# Goal of the exercise
Scan the records for lines with the string "insert". Say how many there are, and add nothing.

----

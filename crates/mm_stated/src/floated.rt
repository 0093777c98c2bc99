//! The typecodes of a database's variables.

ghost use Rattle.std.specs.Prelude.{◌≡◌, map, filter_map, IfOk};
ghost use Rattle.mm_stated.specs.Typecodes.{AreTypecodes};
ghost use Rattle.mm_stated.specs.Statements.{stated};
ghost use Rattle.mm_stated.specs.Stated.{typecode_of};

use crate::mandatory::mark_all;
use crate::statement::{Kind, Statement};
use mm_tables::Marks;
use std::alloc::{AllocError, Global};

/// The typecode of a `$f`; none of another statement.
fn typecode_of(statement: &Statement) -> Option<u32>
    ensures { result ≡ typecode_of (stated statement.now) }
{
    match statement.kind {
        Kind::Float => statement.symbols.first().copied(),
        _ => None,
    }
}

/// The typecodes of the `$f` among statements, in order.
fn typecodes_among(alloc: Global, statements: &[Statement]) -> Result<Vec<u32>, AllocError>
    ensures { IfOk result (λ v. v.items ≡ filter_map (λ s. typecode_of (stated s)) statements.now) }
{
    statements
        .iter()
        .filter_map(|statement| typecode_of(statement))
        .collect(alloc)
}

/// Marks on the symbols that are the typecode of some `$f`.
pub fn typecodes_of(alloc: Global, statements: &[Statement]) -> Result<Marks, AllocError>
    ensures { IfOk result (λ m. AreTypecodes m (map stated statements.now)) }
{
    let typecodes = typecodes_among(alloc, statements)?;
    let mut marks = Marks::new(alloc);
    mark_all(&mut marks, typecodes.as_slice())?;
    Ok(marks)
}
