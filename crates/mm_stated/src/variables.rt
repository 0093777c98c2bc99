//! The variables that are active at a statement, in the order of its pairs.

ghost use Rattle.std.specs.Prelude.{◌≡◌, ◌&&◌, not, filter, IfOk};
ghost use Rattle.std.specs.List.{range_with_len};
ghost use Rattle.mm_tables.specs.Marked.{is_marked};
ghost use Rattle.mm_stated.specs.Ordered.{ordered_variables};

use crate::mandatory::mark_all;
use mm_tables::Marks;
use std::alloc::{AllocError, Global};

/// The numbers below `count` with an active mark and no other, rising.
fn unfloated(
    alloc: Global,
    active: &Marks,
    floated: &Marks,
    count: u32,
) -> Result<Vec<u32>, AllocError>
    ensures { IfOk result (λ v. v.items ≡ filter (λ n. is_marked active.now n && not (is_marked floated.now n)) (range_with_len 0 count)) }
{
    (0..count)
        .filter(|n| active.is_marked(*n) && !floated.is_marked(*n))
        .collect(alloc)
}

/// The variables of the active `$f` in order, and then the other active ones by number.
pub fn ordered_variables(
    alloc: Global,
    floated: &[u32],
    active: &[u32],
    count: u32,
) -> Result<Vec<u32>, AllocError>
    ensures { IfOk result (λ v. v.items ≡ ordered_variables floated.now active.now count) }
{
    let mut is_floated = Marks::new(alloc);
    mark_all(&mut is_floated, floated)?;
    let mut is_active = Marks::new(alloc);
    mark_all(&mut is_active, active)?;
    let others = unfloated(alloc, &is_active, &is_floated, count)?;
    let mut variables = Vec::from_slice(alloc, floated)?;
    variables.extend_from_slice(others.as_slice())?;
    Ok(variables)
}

----

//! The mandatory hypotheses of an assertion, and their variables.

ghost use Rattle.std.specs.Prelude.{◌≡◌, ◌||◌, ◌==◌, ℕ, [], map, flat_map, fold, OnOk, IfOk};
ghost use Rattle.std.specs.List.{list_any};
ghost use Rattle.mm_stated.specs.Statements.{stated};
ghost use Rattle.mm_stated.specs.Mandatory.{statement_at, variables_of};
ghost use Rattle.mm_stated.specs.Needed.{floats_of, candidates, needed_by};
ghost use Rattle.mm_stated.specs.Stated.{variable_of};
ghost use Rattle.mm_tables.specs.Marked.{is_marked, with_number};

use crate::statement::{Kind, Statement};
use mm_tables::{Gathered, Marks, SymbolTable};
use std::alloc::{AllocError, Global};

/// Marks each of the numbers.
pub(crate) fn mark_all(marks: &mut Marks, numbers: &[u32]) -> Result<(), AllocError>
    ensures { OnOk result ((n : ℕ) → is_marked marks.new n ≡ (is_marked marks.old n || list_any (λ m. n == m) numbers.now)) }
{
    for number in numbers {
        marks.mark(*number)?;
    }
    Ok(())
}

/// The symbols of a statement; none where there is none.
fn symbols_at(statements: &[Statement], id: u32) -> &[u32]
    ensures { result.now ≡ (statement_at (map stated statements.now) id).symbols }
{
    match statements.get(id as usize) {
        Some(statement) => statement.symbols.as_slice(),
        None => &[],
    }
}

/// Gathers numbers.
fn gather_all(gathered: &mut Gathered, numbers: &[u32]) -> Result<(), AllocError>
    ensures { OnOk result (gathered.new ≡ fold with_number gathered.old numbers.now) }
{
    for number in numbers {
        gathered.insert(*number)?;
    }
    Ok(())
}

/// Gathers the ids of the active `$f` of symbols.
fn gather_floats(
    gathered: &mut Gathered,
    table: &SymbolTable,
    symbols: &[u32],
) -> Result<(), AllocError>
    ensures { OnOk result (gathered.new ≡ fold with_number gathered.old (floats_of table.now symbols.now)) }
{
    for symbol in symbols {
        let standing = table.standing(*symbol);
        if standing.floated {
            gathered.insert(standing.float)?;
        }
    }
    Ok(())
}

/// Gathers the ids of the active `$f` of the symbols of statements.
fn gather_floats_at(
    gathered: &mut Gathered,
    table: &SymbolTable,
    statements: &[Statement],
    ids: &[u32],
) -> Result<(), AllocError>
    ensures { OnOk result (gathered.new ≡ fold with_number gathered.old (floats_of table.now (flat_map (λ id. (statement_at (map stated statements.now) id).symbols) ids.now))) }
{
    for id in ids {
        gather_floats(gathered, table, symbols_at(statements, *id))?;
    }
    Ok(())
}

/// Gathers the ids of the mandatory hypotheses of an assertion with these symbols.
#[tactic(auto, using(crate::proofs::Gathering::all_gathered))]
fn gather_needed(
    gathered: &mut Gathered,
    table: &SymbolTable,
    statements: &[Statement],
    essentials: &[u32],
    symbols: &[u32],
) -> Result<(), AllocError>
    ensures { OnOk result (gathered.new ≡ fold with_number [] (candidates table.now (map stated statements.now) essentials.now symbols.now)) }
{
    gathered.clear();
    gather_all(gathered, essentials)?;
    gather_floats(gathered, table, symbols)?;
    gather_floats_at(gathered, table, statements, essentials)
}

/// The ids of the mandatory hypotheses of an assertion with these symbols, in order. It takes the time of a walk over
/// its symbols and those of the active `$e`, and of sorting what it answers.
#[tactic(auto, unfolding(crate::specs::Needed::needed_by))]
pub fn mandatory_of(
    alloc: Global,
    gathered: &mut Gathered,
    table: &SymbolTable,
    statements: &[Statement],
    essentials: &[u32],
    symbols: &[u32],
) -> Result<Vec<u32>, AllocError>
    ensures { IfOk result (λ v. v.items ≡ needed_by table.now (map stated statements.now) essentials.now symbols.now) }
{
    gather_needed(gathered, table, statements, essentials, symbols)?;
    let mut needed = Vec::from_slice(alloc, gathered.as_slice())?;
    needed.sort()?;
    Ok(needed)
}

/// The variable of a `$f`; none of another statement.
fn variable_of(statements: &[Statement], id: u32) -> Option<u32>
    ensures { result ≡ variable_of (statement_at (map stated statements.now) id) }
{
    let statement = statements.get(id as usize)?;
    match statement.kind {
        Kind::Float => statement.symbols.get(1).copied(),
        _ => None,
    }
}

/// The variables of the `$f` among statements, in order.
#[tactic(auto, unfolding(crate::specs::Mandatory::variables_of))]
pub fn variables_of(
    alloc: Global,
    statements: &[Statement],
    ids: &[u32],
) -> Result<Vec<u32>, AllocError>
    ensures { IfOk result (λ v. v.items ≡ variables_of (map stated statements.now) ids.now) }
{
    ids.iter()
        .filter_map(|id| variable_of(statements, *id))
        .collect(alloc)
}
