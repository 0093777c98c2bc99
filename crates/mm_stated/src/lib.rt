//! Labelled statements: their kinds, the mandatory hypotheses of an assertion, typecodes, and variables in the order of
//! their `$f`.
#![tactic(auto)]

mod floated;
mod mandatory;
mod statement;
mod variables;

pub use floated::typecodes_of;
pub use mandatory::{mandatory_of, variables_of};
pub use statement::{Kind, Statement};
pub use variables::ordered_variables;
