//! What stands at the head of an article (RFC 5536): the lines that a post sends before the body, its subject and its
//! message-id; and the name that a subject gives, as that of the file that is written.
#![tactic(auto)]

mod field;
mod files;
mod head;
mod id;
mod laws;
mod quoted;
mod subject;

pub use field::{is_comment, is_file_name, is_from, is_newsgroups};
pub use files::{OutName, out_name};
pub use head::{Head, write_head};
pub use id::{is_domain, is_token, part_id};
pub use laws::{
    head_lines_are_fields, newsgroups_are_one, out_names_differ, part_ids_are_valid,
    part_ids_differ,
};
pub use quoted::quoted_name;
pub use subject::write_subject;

----

# The completed task
2